What the hell is going on?

Brief news from the field:
the

PostgreSQL 9.4 the new jsonb data type for which support is slightly enhanced in the upcoming PostgreSQL 9.5
Mysql 5.7.7 — a new type of json data

a number of other examples, which will tell you next time. It is remarkable that these data types assume not text, and binary storage of json, which makes working with it much faster. Basic functionality everywhere identical, because it is an obvious requirement to create, select, update, delete. The oldest, almost a cave, man's desire in this situation is to hold a series benchmark's. PostgreSQL & Mysql is selected, because the implementation of the support for json is very similar in both cases (plus they are in the same weight category), but Mongodb NoSql as a veteran of the world. Work, conducted by EnterpriseDB, a little bit in this plan is outdated, but it can take, as a first step to the road of a thousand miles. At the moment, the purpose of this road is not to show who is faster/slower in vitro, and to try to give a neutral assessment and to obtain feedback.

the

Original data and some details

pg_nosql_benchmark from EnterpriseDB assumes a rather obvious way, first is generated a predetermined amount of data of different types with minor fluctuations, which is then recorded in the study database and it happen sample.
Functionality for working with Mysql in it, so it needed to implement the same for PostgreSQL. At this stage there's only one subtlety when we think about indexes — the fact that Mysql is not implemented
indexing json directly, so you have to create a virtual column and index them. In addition, I was confused by the fact that mongodb is part of the generated data size exceeds 4096 bytes, and fits in the mongo shell buffer, i.e., simply discarded. As the hack turned out to satisfy insert's of the js file (which still has to split by chunks a few s since one cannot be more than 2GB). In addition, to avoid the overhead associated with the start of the shell, authentication, etc., is made a corresponding number of "no-op" query, which is then eliminated (although they, in fact, quite small).

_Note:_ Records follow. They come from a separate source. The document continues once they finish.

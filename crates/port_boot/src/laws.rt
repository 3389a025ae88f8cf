// Laws of the definitions, for callers: the clause is the theorem. Nothing that runs calls these functions.
ghost use Rattle.std.specs.Prelude.{ℕ, ◌≡◌, ◌≢◌, ◌++◌, true, false, All, Contains, List, Option, Some};
ghost use Rattle.ata_types.specs.{declared.Port.{Port}, declared.PortState.{PortState}, declared.PortState.TheVariants.{Dead}};
ghost use Rattle.hba_regs.specs.{declared.reg.PortReg.TheVariants.{Cmd, Sctl}, declared.reg.Reg.TheVariants.{Ghc, Px}};
ghost use Rattle.adapter.specs.{Access.{Access, Does, DoesAll, is_named_cause, is_ips_set, shown_interrupt}, Device.{Device}, PendingInterrupts.{LeavesPxIeUnwritten, KeepsIsBit, SetsCause, interrupting_port}, Rules.{IsOn}, Steps.{Can, DeviceTransition, Steps, device_after}, declared.tape.Entry.{Entry}, declared.command.Operation.TheVariants.{Identify}};
ghost use Rattle.refinement.specs.{Fragments.{ReadsPortOrWrites, IsDrivenBy, AccessesNoOtherPort, OnlyDeviceChangesPort, GainsNoMove}, PortFacts.{RunsWell, Undisturbed}, PreservedParts.{DoesNotWrite}};
ghost use Rattle.identify.specs.declared.DiskInfo.{DiskInfo};
ghost use Rattle.port_boot.specs.States.{BacksState, BringsReady, HasFitDiskAndInterrupts, HasLastIdentifyPage, IsSimulatedBootTo, IsBootAccess, IsReadyAfterBoot, StaysRunningIfUndisturbed, ShownDiskIsIn, StopsReceivingAndStartedEngine};
ghost use Rattle.port_control.specs.{Engines.{StopsEachEngine}, Ports.{IsCommandRegister}};

use super::prerequisites::law_prerequisites;
use adapter::laws::{
    law_interrupting_entries_set_ips_until_written, law_ips_is_set_while_enabled_cause_is_shown,
};

/// What a boot found of a port goes on as long as the port isn't booted anew. The last page is the last one still where
/// the disk has sent none since, and PxSCTL wasn't written; so the disk that fits is still there where DET of PxSCTL
/// and PxIE are as they were, too. A port that is left to the device stays ready, or goes on to end as it did; where it
/// is dead, its disk may send a page.
pub fn law_boot_findings_stay_until_next_port_boot()
    ensures page { (port : ℕ) (old new : Device) (page : List ℕ) → GainsNoMove port Identify old new
        → (new.port port).notes.sctl_written_at ≡ (old.port port).notes.sctl_written_at
        → HasLastIdentifyPage port old page
        → HasLastIdentifyPage port new page }
    ensures disk { (wanted : Option (List ℕ)) (port : ℕ) (old new : Device) (info : DiskInfo)
        → GainsNoMove port Identify old new → (new.port port).sctl_det ≡ (old.port port).sctl_det
        → (new.port port).ie ≡ (old.port port).ie → (new.port port).notes.sctl_written_at
        ≡ (old.port port).notes.sctl_written_at → HasFitDiskAndInterrupts wanted port old info
        → HasFitDiskAndInterrupts wanted port new info }
    ensures ready { (wanted : Option (List ℕ)) (port : ℕ) (old new : Device) (info : DiskInfo)
        → OnlyDeviceChangesPort (old.port port) (new.port port) → GainsNoMove port Identify old new
        → IsReadyAfterBoot wanted port old info
        → IsReadyAfterBoot wanted port new info }
    ensures state_stays_backed { (wanted : Option (List ℕ)) (state : PortState) (port : ℕ) (old new : Device)
        → OnlyDeviceChangesPort (old.port port) (new.port port) → (state ≢ Dead → GainsNoMove port Identify old new)
        → BacksState wanted state port old → BacksState wanted state port new }
{}

/// A ready port tells of each cause that is named: where PxIS shows one, its interrupt is pending; and so it is after
/// each step that raises one on it (AHCI 1.3.1, 3.1.3, 3.3.5 and 3.3.6). Over any accesses that write neither its PxIE
/// nor its bit of IS, and reset nothing, it is pending at the end where the tape has told since of a command that ended
/// or failed, a fatal error, or a disk that went or came: where GHC.IE is one, this is what a handler of interrupts
/// waits for.
pub fn law_ready_port_causes_set_ips()
    ensures shown_cause_is_pending { (wanted : Option (List ℕ)) (port place : ℕ) (d : Device) (info : DiskInfo)
        → HasFitDiskAndInterrupts wanted port d info → is_named_cause place ≡ true
        → shown_interrupt (d.port port) place ≡ true
        → is_ips_set (d.port port) ≡ true }
    ensures raised_cause_is_pending { (wanted : Option (List ℕ)) (port place : ℕ) (step : DeviceTransition) (d : Device)
        (info : DiskInfo)
        → HasFitDiskAndInterrupts wanted port d info → Can step d → SetsCause step port place
        → is_ips_set ((device_after step d).port port) ≡ true }
    ensures tape_event_is_pending { (wanted : Option (List ℕ)) (port : ℕ) (entry : Entry) (accesses : List Access)
        (gained : List Entry) (old new : Device) (info : DiskInfo) → HasFitDiskAndInterrupts wanted port old info
        → interrupting_port entry ≡ Some port → DoesAll accesses old new → All (KeepsIsBit port) accesses
        → All (LeavesPxIeUnwritten port) accesses → old.hr ≡ false → new.tape ≡ old.tape ++ gained
        → Contains gained entry → is_ips_set (new.port port) ≡ true }
{
    law_ips_is_set_while_enabled_cause_is_shown();
    law_interrupting_entries_set_ips_until_written();
}

/// A boot touches no register of another port: its accesses are of its port.
pub fn law_boot_accesses_spare_other_ports()
    ensures { (port : Port) (access : Access) → IsBootAccess port access → AccessesNoOtherPort port access }
{
    law_prerequisites();
}

/// A boot, to whatever state, was made by its accesses; and those of a stop are among them.
pub fn law_boots_are_of_boot_accesses()
    ensures boots { (port : Port) (state : PortState) (old new : Device)
        → IsSimulatedBootTo (StopsReceivingAndStartedEngine port state) port state old new
        → IsDrivenBy (IsBootAccess port) old new }
    ensures stops { (port : Port) (state : PortState) (old new : Device)
        → IsSimulatedBootTo (StopsEachEngine port) port state old new
        → IsDrivenBy (IsBootAccess port) old new }
    ensures cmd_access_is_boot_access { (port : Port) (access : Access)
        → ReadsPortOrWrites IsCommandRegister port access
        → IsBootAccess port access }
{
    law_prerequisites();
}

/// A port that runs, and on which nothing goes wrong, does so still after an access that writes neither its PxCMD nor
/// its PxSCTL, and after several that don't write GHC either. Where it ran well, it runs well.
pub fn law_undisturbed_port_runs_on_if_controls_stay()
    ensures one_access { (port : Port) (access : Access) (old new : Device) → IsOn old
        → DoesNotWrite (Px port Sctl) access
        → DoesNotWrite (Px port Cmd) access → Does access old new → StaysRunningIfUndisturbed port.0 old new }
    ensures more_accesses { (port : Port) (accesses : List Access) (old new : Device) → IsOn old
        → DoesAll accesses old new
        → All (DoesNotWrite Ghc) accesses → All (DoesNotWrite (Px port Sctl)) accesses
        → All (DoesNotWrite (Px port Cmd)) accesses → StaysRunningIfUndisturbed port.0 old new }
    ensures healthy_port_stays_well { (port : ℕ) (old new : Device) → StaysRunningIfUndisturbed port old new
        → Undisturbed port old new
        → RunsWell (old.port port) → RunsWell (new.port port) }
{
    law_prerequisites();
}

/// Where a port shows a device, a disk is in: this goes on, whatever the device does, and over each access, also one
/// that resets the adapter. And a boot that leaves its port ready begins it, since COMRESET has a port show no device
/// until its link comes up.
pub fn law_det_3_means_disk_present_is_invariant()
    ensures steps { (port : ℕ) (old new : Device) → Steps old new → ShownDiskIsIn (old.port port)
        → ShownDiskIsIn (new.port port) }
    ensures access { (port : ℕ) (access : Access) (old new : Device) → Does access old new
        → ShownDiskIsIn (old.port port) → ShownDiskIsIn (new.port port) }
    ensures accesses { (port : ℕ) (accesses : List Access) (old new : Device) → DoesAll accesses old new
        → ShownDiskIsIn (old.port port) → ShownDiskIsIn (new.port port) }
    ensures ready_boot_establishes { (port : Port) (old new : Device) → BringsReady port old new
        → ShownDiskIsIn (new.port port.0) }
{}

With all the changes in the inspections were conducted in the following situations:
the

PostgreSQL 9.5 beta1, gin
PostgreSQL 9.5 beta1, jsonb_path_ops
PostgreSQL 9.5 beta1, jsquery
Mysql 5.7.9
Mongodb WiredTiger storage engine 3.2.0
Mongodb MMAPv1 storage engine 3.2.0

Each of them was deployed on a separate m4.xlarge instance with ubuntu 14.04 x64 on-Board with the default settings, the tests were conducted on the number of entries equal to 1000000. For tests with jsquery need to read the readme and remember to set the bison, flex, libpq-dev and even postgresql-server-dev-9.5. The results are saved in a json file that can be visualized using matplotlib (see here).
In addition to this, there were doubts about the settings associated with durability. So I ran a couple other tests for the following cases (in my opinion, part of it is more of a theory, because it is unlikely someone will use these settings in alive):
the

Mongodb 3.2.0 journaled (writeConcern j:true)
Mongodb 3.2.0 fsync (transaction_sync=(enabled=true,method=fsync))
PostgreSQL 9.5 beta 1, no fsync (fsync=off)
Mysql 5.7.9, no fsync (innodb_flush_method=nosync)

the

Images

All graphics are related to the query execution time, represented in seconds, associated with the size — in megabytes. Accordingly, for both cases, the smaller the value, the higher the capacity.

the

Select

the

Insert

the

Insert (custom configuration)

the

Update

Another change relative to the original code pg_nosql_benchmark was the addition of tests to update. Here is the clear leader was Mongodb, most likely due to the fact that PostgreSQL and Mysql update one value at this moment means overwriting the entire field.

the

Update (custom configuration)

As you can guess from the documentation and watch this reply, writeConcern j:true is the highest possible level of durability for a single mongodb server, and apparently it needs to be equivalent configurations with fsync. I have not tested the durability, but it is interesting that for mongodb update operations with fsync is much slower.

the

Table/index size

the

I have a bad feeling about this

Performance measurement — too slippery topic, especially in this case. All that is described above, cannot be considered a full and complete benchmark, is only the first step to understand the current situation — something like food for thought. At the moment we are conducting tests using ycsb and, if we're lucky, we compare the performance of cluster configurations. In addition, I will be glad for all constructive suggestions, ideas and corrections (because I could miss something).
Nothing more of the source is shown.